__WORK INSTRUCTIONS__.
Write out once more the lines running from the top of the entries below to the line with "order = s.order.items;", both ends included.

__THE DATA__.

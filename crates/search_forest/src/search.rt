// Depth-first search with a stack of its own (Tarjan 1972).
ghost use Rattle.std.specs.Prelude.{◌≡◌, ◌+◌, ◌*◌, ◌-◌, ◌<◌, ◌^◌, ◌≤◌, true, false, [], ℕ, length, IfOk, slice_index, slice_get};
ghost use Rattle.multigraph.specs.Graph.{edge_count, is_end, IsGraph, IsWithinLimits};
ghost use Rattle.multigraph.specs.Marks.{is_marked};
ghost use Rattle.graph_theory.specs.Connected.{IsConnected};
ghost use Rattle.search_forest.specs.Forest.{ForestState, fresh, looked_further, frond_noted, root_noted, child_noted, left, degree, is_tree_edge, parent_at, upper_end, IsForest};
ghost use Rattle.search_forest.specs.Searching.{looks_ahead, turns_left, IsLast, IsSeenAt, IsTurned, IsExplored, IsOver, IsOneTree};

use multigraph::Graph;
use std::alloc::{AllocError, Global};
use std::marker::Model;
use std::sync::ledger::Ledger;
use step_count::Steps;

/// A depth-first search forest of a graph: what the search knows so far.
#[derive(Drop)]
pub struct Forest {
    visited: Vec<bool>,
    parent: Vec<u32>,
    depth: Vec<u32>,
    parent_edge: Vec<u32>,
    position: Vec<u32>,
    seen: Vec<bool>,
    lower: Vec<u32>,
    order: Vec<u32>,
    path: Vec<u32>,
}

impl Model for Forest {
    ghost use Rattle.search_forest.specs.Forest.{ForestState};

    ghost Value = { ForestState };

    ghost view = { λ s. record {
      visited = s.visited.items;
      parent = s.parent.items;
      depth = s.depth.items;
      parent_edge = s.parent_edge.items;
      position = s.position.items;
      seen = s.seen.items;
      lower = s.lower.items;
      order = s.order.items;
      path = s.path.items;
    } };
}

impl Forest {
    // The search of a graph where nothing was visited yet.
    fn new(alloc: Global, graph: &Graph) -> Result<Forest, AllocError>
        ensures { IfOk result (λ s. s ≡ fresh graph.now) }
    {
        let vertices = graph.vertex_count() as usize;
        let edges = graph.edge_count() as usize;
        Ok(Forest {
            visited: vec![in alloc; false; vertices]?,
            parent: vec![in alloc; 0; vertices]?,
            depth: vec![in alloc; 0; vertices]?,
            parent_edge: vec![in alloc; 0; vertices]?,
            position: vec![in alloc; 0; vertices]?,
            seen: vec![in alloc; false; edges]?,
            lower: vec![in alloc; 0; edges]?,
            order: Vec::new(alloc),
            path: Vec::new(alloc),
        })
    }

    // One more of the edges at `vertex` has been looked at.
    fn look_further(&mut self, vertex: u32)
        requires within { vertex < length self.old.position }
        requires fits { slice_index self.old.position vertex + 1 < 2 ^ 32 }
        ensures { self.new ≡ looked_further self.old vertex }
    {
        self.position[vertex as usize] += 1;
    }

    // The edge, seen for the first time at `vertex`, leads to an ancestor.
    fn note_frond(&mut self, vertex: u32, edge: u32)
        requires seen_within { edge < length self.old.seen }
        requires lower_within { edge < length self.old.lower }
        ensures { self.new ≡ frond_noted self.old vertex edge }
    {
        self.seen[edge as usize] = true;
        self.lower[edge as usize] = vertex;
    }

    // The root of a new tree is visited.
    fn note_root(&mut self, root: u32) -> Result<(), AllocError>
        requires visited_within { root < length self.old.visited }
        requires depth_within { root < length self.old.depth }
        ensures { IfOk result (λ _. self.new ≡ root_noted self.old root) }
    {
        self.visited[root as usize] = true;
        self.depth[root as usize] = 0;
        self.order.push(root)?;
        self.path.push(root)?;
        Ok(())
    }

    // The edge, seen for the first time at `vertex`, leads to a vertex that is visited for the first time.
    fn note_child(&mut self, vertex: u32, edge: u32, child: u32) -> Result<(), AllocError>
        requires vertex_within { vertex < length self.old.depth }
        requires shallow { slice_index self.old.depth vertex + 1 < 2 ^ 32 }
        requires visited_within { child < length self.old.visited }
        requires parent_within { child < length self.old.parent }
        requires depth_within { child < length self.old.depth }
        requires parent_edge_within { child < length self.old.parent_edge }
        requires seen_within { edge < length self.old.seen }
        requires lower_within { edge < length self.old.lower }
        ensures { IfOk result (λ _. self.new ≡ child_noted self.old vertex edge child) }
    {
        let depth = self.depth[vertex as usize] + 1;
        self.visited[child as usize] = true;
        self.parent[child as usize] = vertex;
        self.depth[child as usize] = depth;
        self.parent_edge[child as usize] = edge;
        self.seen[edge as usize] = true;
        self.lower[edge as usize] = child;
        self.order.push(child)?;
        self.path.push(child)?;
        Ok(())
    }

    // The last vertex of the path is left.
    fn leave(&mut self)
        ensures { self.new ≡ left self.old }
    {
        let _ = self.path.pop();
    }

    // Whether the vertex was visited.
    fn is_visited(&self, vertex: u32) -> bool
        requires { vertex < length self.now.visited }
        ensures { result ≡ is_marked self.now.visited vertex }
    {
        self.visited[vertex as usize]
    }

    // Whether the edge was seen.
    fn is_seen(&self, edge: u32) -> bool
        requires { edge < length self.now.seen }
        ensures { result ≡ is_marked self.now.seen edge }
    {
        self.seen[edge as usize]
    }

    /// The depth of the vertex.
    pub fn depth_of(&self, vertex: u32) -> u32
        requires { vertex < length self.now.depth }
        ensures { result ≡ slice_index self.now.depth vertex }
    {
        self.depth[vertex as usize]
    }

    // How many edges at the vertex were looked at.
    fn position_of(&self, vertex: u32) -> u32
        requires { vertex < length self.now.position }
        ensures { result ≡ slice_index self.now.position vertex }
    {
        self.position[vertex as usize]
    }

    // The last vertex of the path.
    fn last(&self) -> Option<u32>
        ensures { result ≡ slice_get self.now.path (length self.now.path - 1) }
    {
        self.path.last().copied()
    }

    // The edge is seen at `vertex`, the last of the path.
    fn see(&mut self, graph: &Graph, vertex: u32, edge: u32) -> Result<(), AllocError>
        requires graph { IsGraph graph.now }
        requires limits { IsWithinLimits graph.now }
        requires forest { IsForest graph.now self.old }
        requires last { IsLast self.old vertex }
        requires edge_in { edge < edge_count graph.now }
        requires end { is_end graph.now vertex edge ≡ true }
        ensures { IfOk result (λ _. IsSeenAt graph.now self.old self.new vertex edge) }
    {
        if self.is_seen(edge) {
            return Ok(());
        }
        let end = graph.other_end(edge, vertex);
        if self.is_visited(end) {
            self.note_frond(vertex, edge);
            return Ok(());
        }
        self.note_child(vertex, edge, end)?;
        Ok(())
    }

    // The next edge at `vertex`, the last of the path, is looked at.
    fn look(&mut self, graph: &Graph, vertex: u32) -> Result<(), AllocError>
        requires graph { IsGraph graph.now }
        requires forest { IsForest graph.now self.old }
        requires last { IsLast self.old vertex }
        requires more { slice_index self.old.position vertex < degree graph.now vertex }
        ensures { IfOk result (λ _. IsTurned graph.now self.old self.new) }
    {
        let position = self.position_of(vertex) as usize;
        let edge = graph.incident(vertex)[position];
        self.see(graph, vertex, edge)?;
        self.look_further(vertex);
        Ok(())
    }

    // One turn at `vertex`, the last of the path.
    fn turn(&mut self, graph: &Graph, vertex: u32) -> Result<(), AllocError>
        requires graph { IsGraph graph.now }
        requires forest { IsForest graph.now self.old }
        requires last { IsLast self.old vertex }
        ensures { IfOk result (λ _. IsTurned graph.now self.old self.new) }
    {
        if self.position_of(vertex) < graph.degree(vertex) {
            return self.look(graph, vertex);
        }
        self.leave();
        Ok(())
    }

    // Turns until the path is empty: one turn for each edge that is looked at and one for each vertex that is left.
    fn explore<L: Ledger>(&mut self, graph: &Graph, steps: &mut Steps<L>) -> Result<(), AllocError>
        requires graph { IsGraph graph.now }
        requires forest { IsForest graph.now self.old }
        ensures explored { IfOk result (λ _. IsExplored graph.now self.old self.new) }
        ensures counted { IfOk result (λ _. steps.new + looks_ahead graph.now self.new
            + length self.old.order ≡ steps.old + looks_ahead graph.now self.old
            + length self.old.path + length self.new.order) }
        ensures potential { IfOk result (λ _. steps.new + turns_left graph.now self.new
            ≤ steps.old + turns_left graph.now self.old) }
        ensures cost { steps.new ≤ steps.old + turns_left graph.now self.old }
        ensures rises { steps.old ≤ steps.new }
    {
        while let Some(vertex) = self.last() {
            steps.tick(); // one for each turn
            self.turn(graph, vertex)?;
        }
        Ok(())
    }

    // Visits what `root` is connected to, where it was not visited.
    fn ensure_visited<L: Ledger>(
        &mut self,
        graph: &Graph,
        root: u32,
        steps: &mut Steps<L>,
    ) -> Result<(), AllocError>
        requires graph { IsGraph graph.now }
        requires forest { IsForest graph.now self.old }
        requires root_in { root < graph.now.vertex_count }
        requires empty { self.old.path ≡ [] }
        ensures forest { IfOk result (λ _. IsForest graph.now self.new) }
        ensures empty { IfOk result (λ _. self.new.path ≡ []) }
        ensures visited { IfOk result (λ _. (u : ℕ) → is_marked self.old.visited u ≡ true
            → is_marked self.new.visited u ≡ true) }
        ensures root { IfOk result (λ _. is_marked self.new.visited root ≡ true) }
        ensures counted { IfOk result (λ _. steps.new + looks_ahead graph.now self.new
            + length self.old.order ≡ steps.old + looks_ahead graph.now self.old
            + length self.new.order) }
        ensures potential { IfOk result (λ _. steps.new + turns_left graph.now self.new
            ≤ steps.old + turns_left graph.now self.old + 1) }
        ensures cost { steps.new ≤ steps.old + turns_left graph.now self.old + 1 }
        ensures rises { steps.old ≤ steps.new }
    {
        if self.is_visited(root) {
            return Ok(());
        }
        self.note_root(root)?;
        self.explore(graph, steps)
    }

    /// Searches the whole graph, depth first, and counts the steps: the turns of all loops. Fails only if memory runs out.
    pub fn of<L: Ledger>(
        alloc: Global,
        graph: &Graph,
        steps: &mut Steps<L>,
    ) -> Result<Forest, AllocError>
        ensures over { IfOk result (λ s. IsOver graph.now s) }
        ensures graph { IsGraph graph.now }
        ensures limits { IsWithinLimits graph.now }
        ensures counted { IfOk result (λ _. steps.new ≡ steps.old
            + 2 * (edge_count graph.now + graph.now.vertex_count)) }
        ensures cost { steps.new ≤ steps.old
            + 4 * edge_count graph.now + 2 * graph.now.vertex_count }
        ensures rises { steps.old ≤ steps.new }
    {
        let vertices = graph.vertex_count();
        let mut forest = Forest::new(alloc, graph)?;
        for root in 0..vertices {
            steps.tick();
            forest.ensure_visited(graph, root, steps)?;
        }
        Ok(forest)
    }

    /// Searches a connected graph from vertex 0, depth first, and counts the steps: one for each end of an edge and one for
    /// each vertex. Fails only if memory runs out.
    pub fn of_connected<L: Ledger>(
        alloc: Global,
        graph: &Graph,
        steps: &mut Steps<L>,
    ) -> Result<Forest, AllocError>
        requires connected { IsConnected graph.now }
        ensures over { IfOk result (λ s. IsOver graph.now s) }
        ensures root { IfOk result (λ s. IsOneTree graph.now s) }
        ensures graph { IsGraph graph.now }
        ensures limits { IsWithinLimits graph.now }
        ensures counted { IfOk result (λ _. steps.new ≡ steps.old + 2 * edge_count graph.now
            + graph.now.vertex_count) }
        ensures cost { steps.new ≤ steps.old + 4 * edge_count graph.now + graph.now.vertex_count }
        ensures rises { steps.old ≤ steps.new }
    {
        let vertices = graph.vertex_count();
        let mut forest = Forest::new(alloc, graph)?;
        if vertices == 0 {
            return Ok(forest);
        }
        forest.note_root(0)?;
        forest.explore(graph, steps)?;
        Ok(forest)
    }

    /// The visited vertices, each after its parent.
    pub fn order(&self) -> &[u32]
        ensures { result.now ≡ self.now.order }
    {
        self.order.as_slice()
    }

    /// The depths of the vertices.
    pub fn depths(&self) -> &[u32]
        ensures { result.now ≡ self.now.depth }
    {
        self.depth.as_slice()
    }

    /// The parents of the vertices; of a root any number.
    pub fn parents(&self) -> &[u32]
        ensures { result.now ≡ self.now.parent }
    {
        self.parent.as_slice()
    }

    /// The lower ends of the edges.
    pub fn lower_ends(&self) -> &[u32]
        ensures { result.now ≡ self.now.lower }
    {
        self.lower.as_slice()
    }

    /// The parent of the vertex.
    pub fn parent_of(&self, vertex: u32) -> u32
        requires { vertex < length self.now.parent }
        ensures { result ≡ slice_index self.now.parent vertex }
    {
        self.parent[vertex as usize]
    }

    // The edge to the parent of the vertex.
    fn parent_edge_of(&self, vertex: u32) -> u32
        requires { vertex < length self.now.parent_edge }
        ensures { result ≡ slice_index self.now.parent_edge vertex }
    {
        self.parent_edge[vertex as usize]
    }

    /// The parent of the vertex, if it isn't a root.
    pub fn parent_at(&self, vertex: u32) -> Option<u32>
        requires depth_within { vertex < length self.now.depth }
        requires parent_within { vertex < length self.now.parent }
        ensures { result ≡ parent_at self.now vertex }
    {
        if self.depth[vertex as usize] > 0 {
            Some(self.parent[vertex as usize])
        } else {
            None
        }
    }

    /// The lower end of the edge.
    pub fn lower_end(&self, edge: u32) -> u32
        requires { edge < length self.now.lower }
        ensures { result ≡ slice_index self.now.lower edge }
    {
        self.lower[edge as usize]
    }

    /// Whether the edge is the parent edge of its lower end.
    pub fn is_tree_edge(&self, graph: &Graph, edge: u32) -> bool
        requires graph { IsGraph graph.now }
        requires over { IsOver graph.now self.now }
        requires edge_in { edge < edge_count graph.now }
        ensures { result ≡ is_tree_edge self.now edge }
    {
        let _ = graph; // for the contract alone
        let lower = self.lower_end(edge);
        self.parent_edge_of(lower) == edge
    }

    /// The end of the edge that is not its lower one.
    pub fn upper_end(&self, graph: &Graph, edge: u32) -> u32
        requires graph { IsGraph graph.now }
        requires over { IsOver graph.now self.now }
        requires edge_in { edge < edge_count graph.now }
        ensures { result ≡ upper_end graph.now self.now edge }
    {
        let lower = self.lower_end(edge);
        graph.other_end(edge, lower)
    }
}
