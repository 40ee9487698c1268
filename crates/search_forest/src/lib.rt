// Depth-first search forests of a multigraph, with the two low vertices of each vertex.
//
// A depth-first search grows a forest in which each further edge, a frond, joins a vertex to one of its ancestors (Tarjan
// 1972). The low vertices of a vertex are the two least deep of itself and the vertices that the fronds of its descendants lead
// to (Hopcroft and Tarjan 1973). Blocks and palm trees are read off from them. The search has a stack of its own, takes linear
// time, and begins at each vertex that was not visited (`Forest::of`), or at vertex 0 of a connected graph
// (`Forest::of_connected`). It promises what holds of the finished forest, and how many steps were taken: exactly one for each
// end of an edge and one for each vertex, and in the search of all trees one for each vertex as a possible root.
//
// The lemmas that are used most (module of proofs/ in front):
//   Over      over-seen, over-forest: every edge was seen, and the forest is a search forest
//   Grown     parent-in, parent-depth, lower-in, upper-in, upper-below, tree-is, tree-upper, order-member, order-from
//   Lows      first-in, second-in, first-own: what holds of low vertices at each stage
//   Orders    order-each: each vertex has one place in the order
//   Writes    number-same, number-other, marked-in: lists of numbers and marks after a write
#![tactic(auto)]

mod low_points;
mod search;

pub use low_points::Low;
pub use search::Forest;
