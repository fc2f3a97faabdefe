// The acts that a block claims, beside those that were made.
ghost use Rattle.std.specs.Prelude.{◌≡◌, ◌∷◌, [], IfNone, IfSome, map};
ghost use Rattle.std.specs.Cmp.Lexicographic.{pointwise};
ghost use Rattle.fd_certfile.specs.Blocks.{acts_at};
ghost use Rattle.fd_certfile.specs.Lines.{lines_of};
ghost use Rattle.fd_certfile.specs.Rounds.{act_of};
ghost use Rattle.fd_certfile.specs.Rules.{same_act};
ghost use Rattle.fd_certfile.specs.Views.{act};

use crate::block::{ClaimedAct, act_of};
use crate::line::read_line;
use fd_lines::cut;
use fd_settle::Act;

// The act of the next line, and the bytes behind it.
fn next_act(bytes: &[u8]) -> Option<(ClaimedAct, &[u8])>
    ensures none { IfNone result ((acts_at (lines_of bytes.now)).0 ≡ []) }
    ensures some { IfSome result (λ p. (acts_at (lines_of bytes.now)).0 ≡ act p.0 ∷ (acts_at (lines_of p.1.now)).0) }
{
    match cut(bytes, b'\n') {
        Some((text, more)) => match act_of(&read_line(text)) {
            Some(act) => Some((act, more)),
            None => None,
        },
        None => None,
    }
}

fn is_act(made: &Act, claimed: &ClaimedAct) -> bool
    ensures { result ≡ same_act (act_of made.now) (act claimed.now) }
{
    i128::from(made.time) == claimed.time
        && i128::from(made.control) == claimed.control
        && i128::from(made.steps) == claimed.steps
}

/// Whether the acts up to the first line that isn't one have the times, controls and steps of these, in order.
pub(crate) fn acts_are(bytes: &[u8], acts: &[Act]) -> bool
    ensures { result ≡ pointwise same_act (map act_of acts.now) (acts_at (lines_of bytes.now)).0 }
{
    let mut rest = bytes;
    for made in acts {
        match next_act(rest) {
            Some((claimed, more)) => {
                if !is_act(made, &claimed) {
                    return false;
                }
                rest = more;
            }
            None => return false,
        }
    }
    match next_act(rest) {
        Some(_) => false,
        None => true,
    }
}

__OUTPUT FOR THIS TASK__.
filename crates/search_forest/src/search.rt
// Depth-first search with a stack of its own (Tarjan 1972).
ghost use Rattle.std.specs.Prelude.{◌≡◌, ◌+◌, ◌*◌, ◌-◌, ◌<◌, ◌^◌, ◌≤◌, true, false, [], ℕ, length, IfOk, slice_index, slice_get};
ghost use Rattle.multigraph.specs.Graph.{edge_count, is_end, IsGraph, IsWithinLimits};
ghost use Rattle.multigraph.specs.Marks.{is_marked};
ghost use Rattle.graph_theory.specs.Connected.{IsConnected};
ghost use Rattle.search_forest.specs.Forest.{ForestState, fresh, looked_further, frond_noted, root_noted, child_noted, left, degree, is_tree_edge, parent_at, upper_end, IsForest};
ghost use Rattle.search_forest.specs.Searching.{looks_ahead, turns_left, IsLast, IsSeenAt, IsTurned, IsExplored, IsOver, IsOneTree};

use multigraph::Graph;
use std::alloc::{AllocError, Global};
use std::marker::Model;
use std::sync::ledger::Ledger;
use step_count::Steps;

/// A depth-first search forest of a graph: what the search knows so far.
#[derive(Drop)]
pub struct Forest {
    visited: Vec<bool>,
    parent: Vec<u32>,
    depth: Vec<u32>,
    parent_edge: Vec<u32>,
    position: Vec<u32>,
    seen: Vec<bool>,
    lower: Vec<u32>,
    order: Vec<u32>,
    path: Vec<u32>,
}

impl Model for Forest {
    ghost use Rattle.search_forest.specs.Forest.{ForestState};

    ghost Value = { ForestState };

    ghost view = { λ s. record {
      visited = s.visited.items;
      parent = s.parent.items;
      depth = s.depth.items;
      parent_edge = s.parent_edge.items;
      position = s.position.items;
      seen = s.seen.items;
      lower = s.lower.items;
      order = s.order.items;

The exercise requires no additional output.